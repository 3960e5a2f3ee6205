//! What happens to a till in the world where everything may fail.

use escpos_command::LineWidth;
use escpos_host::SendFault;
use escpos_link::Event;
use escpos_printer::Condition;
use escpos_receipt::ReceiptOptions;
use escpos_test_receipts::S;
use escpos_till::{ReceiptContent, ReceiptKey, ReceiptNumber, ReceiptState, StoreFault, TillNote};
use escpos_till_model::{Happening, NotPossible, Till};
use std::alloc::Global;
use std::process::Abort;

// A printer with nothing amiss.
pub const ONLINE: Condition = Condition {
    cover_open: false,
    near_end: false,
    paper_end: false,
};

// What happens, with S for a receipt, one opening mark, and 5 as the number that is raised to.
#[derive(Clone, Copy, PartialEq)]
pub enum Plain {
    Start,
    Queue,
    // with a key
    Keyed,
    Raise,
    Cancel,
    Deliver,
    // over one link, as long as receipts wait
    DeliverAll,
    Refuse,
    Keep,
    FailWith,
    FailWithout,
    FailWithBoth,
    Connect,
    Miss,
    Put,
    Break,
    Hear,
    End,
    HangUp,
    News,
    Tell,
    Feed,
    HandOver,
    Leave,
    Restart,
    Close,
    Idle,
    Crash,
}

// The till is switched on, and S is taken.
pub const TAKEN: [Plain; 4] = [Plain::Start, Plain::Queue, Plain::Keep, Plain::Tell];

// S is delivered: the opening mark is answered, and then the closing mark. Before each the printer tells its condition, as it is asked to.
pub const DELIVERY: [Plain; 18] = [
    Plain::Deliver,
    Plain::Connect,
    Plain::Keep,
    Plain::Put,
    Plain::Feed,
    Plain::HandOver,
    Plain::Hear,
    Plain::HandOver,
    Plain::Hear,
    Plain::Put,
    Plain::Feed,
    Plain::HandOver,
    Plain::Hear,
    Plain::HandOver,
    Plain::Hear,
    Plain::Keep,
    Plain::HangUp,
    Plain::Tell,
];

pub fn number(rt: &impl Abort, number: usize) -> ReceiptNumber {
    ReceiptNumber::new(number).expect(rt, "a number")
}

fn key(rt: &impl Abort) -> ReceiptKey {
    ReceiptKey::new(b"sale-7").expect(rt, "a key")
}

// S, once it was read. Where memory is refused, it is read again.
pub fn content(rt: &impl Abort, alloc: Global) -> ReceiptContent {
    for _ in 0..8 {
        if let Ok(text) = S.0.to_vec(alloc) {
            if let Ok(content) = ReceiptContent::read(alloc, &ReceiptOptions::usual(), text) {
                return content;
            }
        }
    }
    panic!(rt; "no content")
}

// What happens at the printer's end.
fn on_wire(plain: Plain) -> Event {
    match plain {
        Plain::Feed => Event::Deliver(99),
        Plain::HandOver => Event::HandOver,
        Plain::Leave => Event::PrinterLeaves,
        Plain::Restart => Event::PrinterRestart,
        _ => Event::SetCondition(ONLINE),
    }
}

// What happens to the machine, but for its calls.
fn told(plain: Plain) -> Happening {
    match plain {
        Plain::Connect => Happening::Connect,
        Plain::Miss => Happening::Miss,
        Plain::Put => Happening::Put(99),
        Plain::Break => Happening::Break {
            most: 99,
            fewer: 3,
            why: SendFault::WriteFault,
        },
        Plain::Hear => Happening::Hear(99),
        Plain::End => Happening::End(SendFault::Ended),
        Plain::HangUp => Happening::HangUp,
        Plain::News => Happening::News,
        _ => Happening::Tell,
    }
}

fn deliver(further: bool) -> Happening {
    Happening::Deliver {
        openings: 1,
        most: 99,
        copy: None,
        further,
    }
}

pub fn happening(rt: &impl Abort, alloc: Global, plain: Plain) -> Happening {
    match plain {
        Plain::Start => Happening::Start,
        Plain::Queue => Happening::Queue {
            receipt: content(rt, alloc),
            key: None,
        },
        Plain::Keyed => Happening::Queue {
            receipt: content(rt, alloc),
            key: Some(key(rt)),
        },
        Plain::Raise => Happening::Raise(5),
        Plain::Cancel => Happening::Cancel(number(rt, 1)),
        Plain::Deliver => deliver(false),
        Plain::DeliverAll => deliver(true),
        Plain::Refuse => Happening::Refuse,
        Plain::Keep => Happening::Keep,
        Plain::FailWith => Happening::FailWith(StoreFault::Failed),
        Plain::FailWithout => Happening::FailWithout(StoreFault::Failed),
        Plain::FailWithBoth => Happening::FailWithBoth(StoreFault::Failed),
        Plain::Idle => Happening::Idle,
        Plain::Crash => Happening::Crash,
        Plain::Feed | Plain::HandOver | Plain::Leave | Plain::Restart | Plain::Close => {
            Happening::OnWire(on_wire(plain))
        }
        _ => told(plain),
    }
}

fn happen(till: &mut Till, event: Happening) -> Result<(), NotPossible> {
    till.happen(event)
}

// It happens, or doesn't. This says nothing of what comes of it, so that its callers carry none of the contract.
pub fn happens(
    rt: &impl Abort,
    alloc: Global,
    till: &mut Till,
    plain: Plain,
) -> Result<(), NotPossible> {
    happen(till, happening(rt, alloc, plain))
}

pub fn all_happen(rt: &impl Abort, alloc: Global, till: &mut Till, all: &[Plain]) {
    for plain in all {
        assert!(rt; happens(rt, alloc, till, *plain) == Ok(()));
    }
}

// A till that is switched off. Where its memory is refused, it is asked for again.
pub fn till_at_last(rt: &impl Abort, alloc: Global) -> Till {
    match Till::new(alloc, ONLINE, LineWidth::usual()) {
        Ok(till) => till,
        Err(_) => Till::new(alloc, ONLINE, LineWidth::usual()).expect(rt, "a till"),
    }
}

// The till is switched on, and its receipts stand so.
pub fn stand(rt: &impl Abort, till: &Till, states: &[ReceiptState]) {
    match till.machine() {
        Some(machine) => assert!(rt; machine.states() == states),
        None => panic!(rt; "switched off"),
    }
}

// The owner was told this last.
pub fn was_told(rt: &impl Abort, till: &Till, note: TillNote) {
    assert!(rt; till.told().last() == Some(&note));
}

★ ★ ★ ★ ★

§ Task brief
Wherever the string "Cancel" appears in the listing above, show the whole line.

§ Reply
    Cancel,
        Plain::Cancel => Happening::Cancel(number(rt, 1)),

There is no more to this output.